• Work to complete
Only the lines below between the ones containing "values.push(Value::Connections(ports))?;" and "t, type_name_of t)", inclusive, are to be reproduced, each exactly as it stands.
Raw data: Begin
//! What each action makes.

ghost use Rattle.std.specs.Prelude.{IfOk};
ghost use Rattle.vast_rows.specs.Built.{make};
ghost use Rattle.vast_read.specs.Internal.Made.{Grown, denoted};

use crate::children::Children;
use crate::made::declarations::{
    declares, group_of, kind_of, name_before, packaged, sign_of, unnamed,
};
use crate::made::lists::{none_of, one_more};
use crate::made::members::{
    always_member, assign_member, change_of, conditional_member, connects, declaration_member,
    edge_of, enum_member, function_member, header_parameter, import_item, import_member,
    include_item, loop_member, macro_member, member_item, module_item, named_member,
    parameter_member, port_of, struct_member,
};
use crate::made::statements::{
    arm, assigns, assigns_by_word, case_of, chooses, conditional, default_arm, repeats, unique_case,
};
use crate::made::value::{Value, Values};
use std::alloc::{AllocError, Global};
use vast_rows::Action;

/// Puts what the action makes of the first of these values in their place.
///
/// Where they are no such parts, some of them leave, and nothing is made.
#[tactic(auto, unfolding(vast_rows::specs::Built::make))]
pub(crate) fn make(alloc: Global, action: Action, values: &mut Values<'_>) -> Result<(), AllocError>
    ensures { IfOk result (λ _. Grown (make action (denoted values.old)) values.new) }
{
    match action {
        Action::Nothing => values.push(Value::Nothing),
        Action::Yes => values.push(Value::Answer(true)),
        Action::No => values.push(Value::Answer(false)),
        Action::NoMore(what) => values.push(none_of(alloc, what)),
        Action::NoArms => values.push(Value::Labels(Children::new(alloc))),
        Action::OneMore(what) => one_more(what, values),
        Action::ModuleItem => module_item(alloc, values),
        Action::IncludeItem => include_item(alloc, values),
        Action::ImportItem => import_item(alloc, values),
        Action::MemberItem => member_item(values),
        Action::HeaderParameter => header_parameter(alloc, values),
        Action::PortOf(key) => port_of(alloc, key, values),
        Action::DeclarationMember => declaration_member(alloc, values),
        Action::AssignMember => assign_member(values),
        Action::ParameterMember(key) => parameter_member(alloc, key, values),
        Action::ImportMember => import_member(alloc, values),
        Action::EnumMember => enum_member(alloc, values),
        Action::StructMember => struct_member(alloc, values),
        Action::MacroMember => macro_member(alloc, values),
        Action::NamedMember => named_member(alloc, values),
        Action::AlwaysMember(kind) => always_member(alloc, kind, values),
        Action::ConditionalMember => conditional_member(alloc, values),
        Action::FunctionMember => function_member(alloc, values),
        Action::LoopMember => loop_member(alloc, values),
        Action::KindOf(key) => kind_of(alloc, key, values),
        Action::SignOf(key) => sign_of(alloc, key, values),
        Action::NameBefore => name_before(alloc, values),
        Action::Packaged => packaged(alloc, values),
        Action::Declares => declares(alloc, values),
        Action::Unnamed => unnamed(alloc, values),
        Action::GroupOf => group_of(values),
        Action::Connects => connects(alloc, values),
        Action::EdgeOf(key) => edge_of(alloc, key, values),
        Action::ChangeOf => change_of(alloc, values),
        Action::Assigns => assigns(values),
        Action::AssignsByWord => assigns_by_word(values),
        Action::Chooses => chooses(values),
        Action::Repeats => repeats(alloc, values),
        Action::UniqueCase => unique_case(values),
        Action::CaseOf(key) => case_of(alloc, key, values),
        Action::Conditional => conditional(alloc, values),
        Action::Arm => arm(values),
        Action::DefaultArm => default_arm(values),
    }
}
Raw data: End
Raw data: Begin
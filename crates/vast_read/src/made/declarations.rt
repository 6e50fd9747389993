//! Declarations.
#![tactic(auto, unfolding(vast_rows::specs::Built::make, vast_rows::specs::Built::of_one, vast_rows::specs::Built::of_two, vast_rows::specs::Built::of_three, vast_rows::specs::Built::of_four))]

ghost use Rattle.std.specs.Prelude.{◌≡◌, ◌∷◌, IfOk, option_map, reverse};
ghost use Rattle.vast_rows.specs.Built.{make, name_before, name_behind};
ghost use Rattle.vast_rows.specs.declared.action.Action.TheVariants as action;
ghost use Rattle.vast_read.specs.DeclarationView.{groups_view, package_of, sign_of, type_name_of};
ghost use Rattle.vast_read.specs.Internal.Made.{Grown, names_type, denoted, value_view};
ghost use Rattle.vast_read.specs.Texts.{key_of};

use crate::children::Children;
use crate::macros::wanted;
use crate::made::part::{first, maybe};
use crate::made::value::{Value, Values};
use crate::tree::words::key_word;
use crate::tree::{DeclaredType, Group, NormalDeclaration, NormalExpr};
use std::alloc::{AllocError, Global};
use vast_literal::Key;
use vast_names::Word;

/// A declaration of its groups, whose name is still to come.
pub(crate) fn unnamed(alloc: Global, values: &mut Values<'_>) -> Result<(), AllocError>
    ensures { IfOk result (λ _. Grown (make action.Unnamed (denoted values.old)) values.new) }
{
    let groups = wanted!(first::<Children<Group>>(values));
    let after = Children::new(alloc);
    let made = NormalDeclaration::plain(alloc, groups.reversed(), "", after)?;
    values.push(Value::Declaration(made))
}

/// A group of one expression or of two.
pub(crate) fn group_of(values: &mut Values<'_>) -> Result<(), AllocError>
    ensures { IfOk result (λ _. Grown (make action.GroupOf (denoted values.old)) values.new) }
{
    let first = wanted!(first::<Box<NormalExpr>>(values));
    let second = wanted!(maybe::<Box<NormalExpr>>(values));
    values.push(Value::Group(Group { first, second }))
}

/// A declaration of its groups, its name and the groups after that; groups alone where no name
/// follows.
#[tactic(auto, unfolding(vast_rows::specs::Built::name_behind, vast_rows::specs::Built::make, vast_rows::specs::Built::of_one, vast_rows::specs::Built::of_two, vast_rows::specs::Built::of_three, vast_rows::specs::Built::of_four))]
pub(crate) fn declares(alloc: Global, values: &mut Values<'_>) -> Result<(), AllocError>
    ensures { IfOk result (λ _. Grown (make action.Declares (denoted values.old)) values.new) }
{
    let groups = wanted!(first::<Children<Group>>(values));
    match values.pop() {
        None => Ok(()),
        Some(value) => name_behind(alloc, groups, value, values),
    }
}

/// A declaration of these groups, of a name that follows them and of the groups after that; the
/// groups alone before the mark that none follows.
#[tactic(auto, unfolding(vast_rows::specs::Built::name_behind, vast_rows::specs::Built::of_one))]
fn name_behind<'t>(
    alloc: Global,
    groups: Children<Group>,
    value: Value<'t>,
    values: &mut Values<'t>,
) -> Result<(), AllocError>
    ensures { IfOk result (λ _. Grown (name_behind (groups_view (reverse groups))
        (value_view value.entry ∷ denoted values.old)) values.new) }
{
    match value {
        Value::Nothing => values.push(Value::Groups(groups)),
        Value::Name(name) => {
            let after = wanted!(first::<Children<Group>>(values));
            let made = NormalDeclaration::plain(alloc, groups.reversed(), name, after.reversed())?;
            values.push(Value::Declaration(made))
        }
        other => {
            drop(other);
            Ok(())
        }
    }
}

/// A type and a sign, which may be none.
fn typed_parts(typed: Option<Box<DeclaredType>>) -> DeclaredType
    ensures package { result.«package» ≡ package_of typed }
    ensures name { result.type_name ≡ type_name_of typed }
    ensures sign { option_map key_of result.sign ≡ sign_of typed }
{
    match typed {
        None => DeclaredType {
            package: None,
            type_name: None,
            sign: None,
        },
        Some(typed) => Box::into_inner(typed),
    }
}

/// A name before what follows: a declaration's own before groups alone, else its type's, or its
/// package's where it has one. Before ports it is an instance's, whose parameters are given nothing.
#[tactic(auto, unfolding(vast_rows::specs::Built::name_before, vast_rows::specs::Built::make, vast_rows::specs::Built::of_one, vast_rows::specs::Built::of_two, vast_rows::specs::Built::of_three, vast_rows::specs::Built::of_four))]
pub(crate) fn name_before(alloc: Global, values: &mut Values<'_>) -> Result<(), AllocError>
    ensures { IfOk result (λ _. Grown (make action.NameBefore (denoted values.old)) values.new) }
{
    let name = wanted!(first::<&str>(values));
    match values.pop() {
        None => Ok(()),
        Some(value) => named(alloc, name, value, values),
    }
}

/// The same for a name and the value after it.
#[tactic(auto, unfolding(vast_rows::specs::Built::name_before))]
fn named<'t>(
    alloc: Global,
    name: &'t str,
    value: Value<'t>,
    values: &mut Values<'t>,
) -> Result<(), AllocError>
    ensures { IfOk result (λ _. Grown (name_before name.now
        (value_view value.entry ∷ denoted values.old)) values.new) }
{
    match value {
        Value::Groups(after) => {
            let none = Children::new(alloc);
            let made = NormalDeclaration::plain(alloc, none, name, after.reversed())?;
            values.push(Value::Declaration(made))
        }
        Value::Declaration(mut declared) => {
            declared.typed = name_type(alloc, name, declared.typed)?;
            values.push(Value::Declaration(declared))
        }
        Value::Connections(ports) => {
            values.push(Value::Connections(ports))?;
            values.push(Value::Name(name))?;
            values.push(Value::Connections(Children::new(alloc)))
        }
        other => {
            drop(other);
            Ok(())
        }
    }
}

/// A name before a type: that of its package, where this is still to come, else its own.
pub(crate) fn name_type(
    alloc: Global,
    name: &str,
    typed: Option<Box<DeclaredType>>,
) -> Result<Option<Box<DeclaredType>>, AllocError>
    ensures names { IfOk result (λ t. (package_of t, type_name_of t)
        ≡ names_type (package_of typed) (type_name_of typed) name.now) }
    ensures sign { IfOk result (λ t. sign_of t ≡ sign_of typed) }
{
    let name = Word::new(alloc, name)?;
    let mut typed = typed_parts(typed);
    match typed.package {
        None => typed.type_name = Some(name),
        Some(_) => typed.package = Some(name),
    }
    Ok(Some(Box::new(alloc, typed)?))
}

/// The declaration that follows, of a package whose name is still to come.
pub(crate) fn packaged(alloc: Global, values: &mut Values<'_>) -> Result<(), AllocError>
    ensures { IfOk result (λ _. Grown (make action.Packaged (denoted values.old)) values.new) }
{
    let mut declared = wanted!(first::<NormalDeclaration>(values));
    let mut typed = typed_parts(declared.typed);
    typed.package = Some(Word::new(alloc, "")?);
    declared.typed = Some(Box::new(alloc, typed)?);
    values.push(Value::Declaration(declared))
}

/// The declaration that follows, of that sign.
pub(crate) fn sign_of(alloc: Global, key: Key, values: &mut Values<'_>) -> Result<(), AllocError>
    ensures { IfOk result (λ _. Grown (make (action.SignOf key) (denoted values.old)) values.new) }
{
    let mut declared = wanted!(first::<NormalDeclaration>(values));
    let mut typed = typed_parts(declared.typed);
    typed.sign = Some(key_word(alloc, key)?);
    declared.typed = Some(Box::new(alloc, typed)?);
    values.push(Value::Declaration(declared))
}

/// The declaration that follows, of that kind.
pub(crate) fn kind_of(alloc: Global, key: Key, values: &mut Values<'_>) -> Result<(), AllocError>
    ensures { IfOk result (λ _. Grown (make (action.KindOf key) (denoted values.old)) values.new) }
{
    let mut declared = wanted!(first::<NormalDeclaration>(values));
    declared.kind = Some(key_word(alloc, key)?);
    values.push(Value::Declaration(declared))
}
Raw data: End
• Completed exercise
            values.push(Value::Connections(ports))?;
            values.push(Value::Name(name))?;
            values.push(Value::Connections(Children::new(alloc)))
        }
        other => {
            drop(other);
            Ok(())
        }
    }
}

/// A name before a type: that of its package, where this is still to come, else its own.
pub(crate) fn name_type(
    alloc: Global,
    name: &str,
    typed: Option<Box<DeclaredType>>,
) -> Result<Option<Box<DeclaredType>>, AllocError>
    ensures names { IfOk result (λ t. (package_of t, type_name_of t)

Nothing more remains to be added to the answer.